Key Features of ND3:

·       State-of-the-Art SQUID-Based Amplifiers: ND3 boasts six state-of-the-art SQUID-based amplifiers, offering a diverse range of measurement capabilities, including:

o   Low Dissipation Electrical Impedance and Thermal Transport Measurements: Investigate the behavior of metallic samples with unprecedented precision, shedding light on quantum materials and their properties.

o   Fast Current Sensing Noise Thermometry: Measure temperatures rapidly and accurately, spanning from 100μK to 4K, facilitating a wide range of experiments.

o   SQUID Readout of Mechanical Resonators: Explore the dynamics of mechanical resonators with SQUID-based readout technology.

·       AC Magnetic Susceptibility Setup: ND3 is equipped with a specialized setup for ac magnetic susceptibility measurements at ultralow temperatures and high magnetic fields, opening new avenues for research.

Scientific Focus at ND3:

·       Quantum Materials into the Microkelvin Regime: Push the boundaries of low-temperature research to explore the intriguing world of quantum materials at microkelvin temperatures.

·       Extending Low Dissipation Measurement Capabilities: Advance our understanding of quantum materials by extending low dissipation measurement capabilities, contributing to the development of novel quantum technologies.

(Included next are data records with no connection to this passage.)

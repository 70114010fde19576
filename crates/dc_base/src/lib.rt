//! The words of NR-NR dual connectivity (TS 37.340): numbers, identities, nodes and links, records,
//! flights, events and lines. It holds data and COUNT arithmetic, and no behaviour of a node.
#![tactic(auto)]

mod answers;
mod events;
mod flights;
mod identities;
mod lists;
mod nodes;
mod numbers;
mod records;

pub use answers::{Answer, Refusal, Status, Word};
pub use events::{Event, Header, Line, Note};
pub use flights::Flight;
pub use identities::{DrbId, Gen, Tag, teid_of, teid_parts};
pub use lists::{Memory, Octets, Seq};
pub use nodes::{Alg, Cell, Class, Dir, KeyName, LegSet, LinkId, Node, Shape, Side, Want};
pub use numbers::{SnLen, infer, sn_of, window};
pub use records::{Item, Plan, Rec, RecKind, StatusTransfer};
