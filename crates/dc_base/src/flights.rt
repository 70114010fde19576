//! What stands on a link.

ghost use Rattle.std.specs.Prelude.{◌≡◌, IfOk};

use crate::identities::{DrbId, Gen, Tag};
use crate::lists::{Memory, Octets};
use crate::records::Rec;

/// What stands on a link.
#[derive(Debug, Drop, PartialEq, Eq)]
pub enum Flight {
    /// A PDCP PDU on an air leg, with its number on that leg from 0: a data PDU if bit 7 of its first octet is 1,
    /// and else a control PDU.
    Air {
        id: DrbId,
        g: Gen,
        num: u32,
        tag: Tag,
        pdu: Octets,
    },
    /// The confirm of the PDU of that number on the leg the other way.
    Ack {
        id: DrbId,
        g: Gen,
        num: u32,
    },
    /// A GTP-U packet in a tunnel (TS 29.281).
    Tun {
        tag: Tag,
        packet: Octets,
    },
    /// A downlink SDU on its way to a secondary anchor.
    Sdu {
        id: DrbId,
        g: Gen,
        sdu: Octets,
    },
    /// The core's End Marker of a path.
    End {
        id: DrbId,
        g: Gen,
    },
    /// The least COUNT that a secondary anchor has not confirmed.
    Told {
        id: DrbId,
        g: Gen,
        count: u32,
    },
    /// A record.
    Ctl(Rec),
}

impl Flight {
    /// An equal flight.
    pub fn copy(&self) -> Result<Flight, Memory>
        ensures { IfOk result (λ made. made ≡ self.now) }
    {
        Ok(match self {
            Flight::Air {
                id,
                g,
                num,
                tag,
                pdu,
            } => Flight::Air {
                id: *id,
                g: *g,
                num: *num,
                tag: *tag,
                pdu: pdu.copy()?,
            },
            Flight::Ack { id, g, num } => Flight::Ack {
                id: *id,
                g: *g,
                num: *num,
            },
            Flight::Tun { tag, packet } => Flight::Tun {
                tag: *tag,
                packet: packet.copy()?,
            },
            Flight::Sdu { id, g, sdu } => Flight::Sdu {
                id: *id,
                g: *g,
                sdu: sdu.copy()?,
            },
            Flight::End { id, g } => Flight::End { id: *id, g: *g },
            Flight::Told { id, g, count } => Flight::Told {
                id: *id,
                g: *g,
                count: *count,
            },
            Flight::Ctl(rec) => Flight::Ctl(rec.copy()?),
        })
    }
}
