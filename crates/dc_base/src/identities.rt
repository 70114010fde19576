//! Identities of bearers, generations, tags and tunnel endpoints.

ghost use Rattle.std.specs.Prelude.{◌≡◌, ℕ, ◌+◌, ◌-◌, ◌*◌, ◌/◌, ◌%◌, ◌^◌, ◌<◌, ◌≤◌, ◌↔◌, IsSome, IfSome};
ghost use Rattle.dc_base.specs.Tunnel.{teid, teid_gen, teid_id, teid_kind};

use std::marker::Model;

/// A generation: a number, from 1, that the master draws for each change of a bearer.
pub type Gen = u32;

/// A data radio bearer identity, 1 to 32 (TS 38.331, DRB-Identity). Contracts see the number.
#[derive(Clone, Copy, Debug, PartialEq, Eq, PartialOrd, Ord, Hash)]
pub struct DrbId {
    number: u8,
}

impl Model for DrbId {
    ghost use Rattle.std.specs.Prelude.{ℕ, ◌≤◌};

    ghost Value = { ℕ };

    ghost view = { λ a. a.number };

    ghost invariant = { λ a. (1 ≤ a.number) × (a.number ≤ 32) };

    ghost inverse = { λ number. record { number = number } };
}

impl DrbId {
    /// The identity of this number: `None` exactly where it is not 1 to 32.
    pub fn new(number: u8) -> Option<DrbId>
        ensures some { IsSome result ↔ ((1 ≤ number) × (number ≤ 32)) }
        ensures value { IfSome result (λ id. id ≡ number) }
    {
        if number >= 1 && number <= 32 {
            Some(DrbId { number })
        } else {
            None
        }
    }

    /// The number, 1 to 32.
    pub fn get(&self) -> u8
        ensures value { result ≡ self.now }
        ensures least { 1 ≤ self.now }
        ensures most { self.now ≤ 32 }
    {
        self.number
    }
}

/// The COUNT that a flight carries beside its octets, or none. Nodes pass it on unread; the world reads it, to judge
/// whether a flight is aged.
#[derive(Clone, Copy, Debug, PartialEq, Eq)]
pub struct Tag {
    count: Option<u32>,
}

impl Model for Tag {
    ghost use Rattle.std.specs.Prelude.{ℕ, Option};

    ghost Value = { Option ℕ };

    ghost view = { λ a. a.count };

    ghost inverse = { λ count. record { count = count } };
}

impl Tag {
    /// No COUNT.
    pub fn none() -> Tag
        ensures { result ≡ None }
    {
        Tag { count: None }
    }

    /// This COUNT.
    pub fn count(c: u32) -> Tag
        ensures { result ≡ Some c }
    {
        Tag { count: Some(c) }
    }

    /// The COUNT, if there is one.
    pub fn get(&self) -> Option<u32>
        ensures { result ≡ self.now }
    {
        self.count
    }
}

/// The TEID of a generation (below 2^24), a bearer and a kind of traffic (below 4): 0 for the bearer's own,
/// 1 for downlink forwarding, 2 for uplink forwarding (TS 29.281, 5.1; the rule is this product's own).
pub fn teid_of(g: Gen, id: DrbId, kind: u8) -> u32
    requires generation { g < 2 ^ 24 }
    requires kind { kind < 4 }
    ensures { result ≡ teid g id kind }
{
    let number = id.get();
    g * 128 + (number as u32 - 1) * 4 + kind as u32
}

/// The generation, the bearer and the kind of any TEID.
pub fn teid_parts(teid: u32) -> (Gen, DrbId, u8)
    ensures generation { result.0 ≡ teid_gen teid }
    ensures identity { result.1 ≡ teid_id teid }
    ensures kind { result.2 ≡ teid_kind teid }
{
    let id = DrbId {
        number: 1 + ((teid % 128) / 4) as u8,
    };
    (teid / 128, id, (teid % 4) as u8)
}
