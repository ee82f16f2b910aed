// What kind of record it is, and whether all are in their places. Every byte that a record's kind does not name is zero.
ghost use Rattle.std.specs.Prelude.{◌≡◌, ℕ, ◌+◌, ◌-◌, [], length, get_or};
ghost use Rattle.units.specs.Folds.{all};
ghost use Rattle.records.specs.Bytes.{record_count, record_at};
ghost use Rattle.records.specs.Records.{sized, is_setting, is_task, event_fits, is_event, task_count};
ghost use Rattle.records.specs.Contents.{task_record};

use crate::MOST_BYTES;
use crate::bytes::{byte, records, zeros};

// What a record's first byte says that it is.
#[derive(Clone, Copy, Debug, PartialEq, Eq)]
enum Kind {
    Setting = 1,
    Task = 2,
    Event = 3,
}

// Whether so many bytes are whole records, one or more, and no more than a file has.
#[tactic(auto, using(std::proofs::lemmas::Bool::Decides::nat_tests), unfolding(crate::specs::Records::sized))]
pub(crate) fn sized(n: usize) -> bool
    ensures { result ≡ sized n }
{
    (1..=MOST_BYTES).contains(&n) && n.is_multiple_of(32)
}

// A function for each kind, as document 01 has them: one for both would take the kind and two ranges, which are all that they say.
#[tactic(auto, using(std::proofs::lemmas::Bool::Decides::nat_tests), unfolding(crate::specs::Records::is_setting))]
pub(crate) fn is_setting(bytes: &[u8]) -> bool
    ensures { result ≡ is_setting bytes.now }
{
    byte(bytes, 0) == Kind::Setting as u8 && zeros(bytes, 2..4) && zeros(bytes, 12..32)
}

#[tactic(auto, using(std::proofs::lemmas::Bool::Decides::nat_tests), unfolding(crate::specs::Records::is_task))]
fn is_task(bytes: &[u8]) -> bool
    ensures { result ≡ is_task bytes.now }
{
    byte(bytes, 0) == Kind::Task as u8 && zeros(bytes, 3..4) && zeros(bytes, 10..16)
}

// Whether three bytes are a release, or a tick with its report. Byte 3 names a resource at a take alone.
// The bytes stay numbers, since the rule is of any three.
#[tactic(auto, unfolding(crate::specs::Records::event_fits))]
fn event_fits(kind: u8, said: u8, resource: u8) -> bool
    ensures { result ≡ event_fits kind said resource }
{
    match (kind, said) {
        (1, _) | (2, 0 | 1 | 3) => resource == 0,
        (2, 2) => true,
        _ => false,
    }
}

#[tactic(auto, using(std::proofs::lemmas::Bool::Decides::nat_tests), unfolding(crate::specs::Records::is_event))]
fn is_event(bytes: &[u8]) -> bool
    ensures { result ≡ is_event bytes.now }
{
    byte(bytes, 0) == Kind::Event as u8
        && zeros(bytes, 4..32)
        && event_fits(byte(bytes, 1), byte(bytes, 2), byte(bytes, 3))
}

// The records of the tasks: those behind the setting, up to the first that is none.
pub(crate) fn tasks(file: &[u8]) -> &[[u8; 32]]
    ensures len { length result.now ≡ task_count file.now }
    ensures each { (k : ℕ) → get_or result.now k [] ≡ task_record file.now k }
{
    let behind = records(file).get(1..).unwrap_or(&[]);
    let count = behind
        .iter()
        .take_while(|record| is_task(record.as_slice()))
        .count();
    &behind[..count]
}

// Whether each record from the first on is an event.
pub(crate) fn all_events(file: &[u8], first: usize) -> bool
    ensures { result ≡ all (λ k. is_event (record_at file.now (first + k))) (record_count file.now - first) }
{
    records(file)
        .iter()
        .skip(first)
        .all(|record| is_event(record))
}
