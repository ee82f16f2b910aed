// A file's records, their bytes, and numbers of several bytes, the lowest first.
ghost use Rattle.std.specs.Prelude.{◌≡◌, ℕ, ◌-◌, ◌<◌, [], length, get_or};
ghost use Rattle.records.specs.Bytes.{record_count, record_at, word, long, zeros};

use std::ops::Range;

// The byte at i, and 0 past the end.
pub(crate) fn byte(bytes: &[u8], i: usize) -> u8
    ensures { result ≡ get_or bytes.now i 0 }
{
    bytes.get(i).copied().unwrap_or(0)
}

// The number of two bytes from i on.
#[tactic(auto, unfolding(crate::specs::Bytes::word))]
pub(crate) fn word(bytes: &[u8], i: usize) -> u16
    requires { i < 32 }
    ensures { result ≡ word bytes.now i }
{
    u16::from_le_bytes([byte(bytes, i), byte(bytes, i + 1)])
}

// The number of four bytes from i on.
#[tactic(auto, unfolding(crate::specs::Bytes::long, crate::specs::Bytes::word))]
pub(crate) fn long(bytes: &[u8], i: usize) -> u32
    requires { i < 30 }
    ensures { result ≡ long bytes.now i }
{
    u32::from_le_bytes([
        byte(bytes, i),
        byte(bytes, i + 1),
        byte(bytes, i + 2),
        byte(bytes, i + 3),
    ])
}

// Whether the bytes at these places are zero.
pub(crate) fn zeros(bytes: &[u8], mut places: Range<usize>) -> bool
    ensures { result ≡ zeros bytes.now places.start (places.end - places.start) }
{
    places.all(|i| byte(bytes, i) == 0)
}

// The whole records. Past the last, `get_or` finds no bytes, as `record_at` does.
pub(crate) fn records(file: &[u8]) -> &[[u8; 32]]
    ensures len { length result.now ≡ record_count file.now }
    ensures each { (k : ℕ) → get_or result.now k [] ≡ record_at file.now k }
{
    let (records, _rest) = file.as_chunks();
    records
}

// One of some records, and no bytes where there is none.
pub(crate) fn at(records: &[[u8; 32]], k: usize) -> &[u8]
    ensures { result.now ≡ get_or records.now k [] }
{
    match records.get(k) {
        Some(record) => record,
        None => &[],
    }
}

// The record at k, and no bytes where there is none.
pub(crate) fn record(file: &[u8], k: usize) -> &[u8]
    ensures { result.now ≡ record_at file.now k }
{
    at(records(file), k)
}
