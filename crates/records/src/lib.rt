// A record file, read: whether it is well-formed, and what its records say.
#![tactic(auto)]

ghost use Rattle.std.specs.Prelude.{◌≡◌};
ghost use Rattle.records.specs.Records.{first_event, event_count, well_formed};
ghost use Rattle.records.specs.Contents.{table, start, event};

use state::Report;
use table::Table;
use units::Tick;

mod bytes;
mod contents;
mod kinds;

#[derive(Clone, Copy, Debug, PartialEq, Eq)]
pub enum Event {
    Release(u8),
    Tick(Report),
}

// How long a file is at the most.
pub const MOST_BYTES: usize = 65536;

// Which record is the first event.
pub fn first_event(file: &[u8]) -> usize
    ensures { result ≡ first_event file.now }
{
    1 + kinds::tasks(file).len()
}

// How many events there are.
pub fn event_count(file: &[u8]) -> usize
    ensures { result ≡ event_count file.now }
{
    bytes::records(file).len().saturating_sub(first_event(file))
}

// Whether the file is well-formed.
#[tactic(auto, using(std::proofs::lemmas::Bool::Decides::nat_tests), unfolding(crate::specs::Records::well_formed))]
pub fn well_formed(file: &[u8]) -> bool
    ensures { result ≡ well_formed file.now }
{
    kinds::sized(file.len())
        && kinds::is_setting(bytes::record(file, 0))
        && kinds::all_events(file, first_event(file))
}

// The table that the setting and the tasks make. Entries past the last task are zeros.
#[tactic(auto, unfolding(crate::specs::Contents::table))]
pub fn table(file: &[u8]) -> Table
    ensures { result ≡ table file.now }
{
    let setting = bytes::record(file, 0);
    let tasks = kinds::tasks(file);
    Table {
        full: bytes::byte(setting, 1),
        round: bytes::long(setting, 4),
        count: tasks.len(),
        tasks: contents::entries(tasks),
    }
}

// The starting tick.
#[tactic(auto, unfolding(crate::specs::Contents::start))]
pub fn start(file: &[u8]) -> Tick
    ensures { result ≡ start file.now }
{
    Tick(bytes::long(bytes::record(file, 0), 8))
}

// What the record at k says, where it is an event; of any record, since nothing is asked of the file.
#[tactic(auto, unfolding(crate::specs::Contents::event))]
pub fn event_at(file: &[u8], k: usize) -> Event
    ensures { result ≡ event file.now k }
{
    let record = bytes::record(file, k);
    match bytes::byte(record, 1) {
        1 => Event::Release(bytes::byte(record, 2)),
        _ => Event::Tick(contents::report(bytes::byte(record, 2), bytes::byte(record, 3))),
    }
}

·       Superconductivity in YbRh2Si2: Investigate the fascinating properties of superconductivity in YbRh2Si2, a material with unique characteristics.

·       Quantum Oscillations in Strongly Correlated Electron Systems: Explore the quantum oscillations in strongly correlated electron systems, offering insights into complex quantum phenomena.

·       Cooling Low-Dimensional Electrons for Nanoelectronics-Based Quantum Technologies: Drive progress in nanoelectronics-based quantum technologies by cooling low-dimensional electrons to explore their quantum behavior.

·       Thermal Boundary Resistance: Study the thermal boundary resistance between metallic foils and quantum fluids, contributing to our understanding of heat transfer at the quantum level.

·       Improving Sensitivity of Superfluid 3He Bolometer for Dark Matter Detection: Contribute to the quest for understanding dark matter by enhancing the sensitivity of the superfluid 3He bolometer.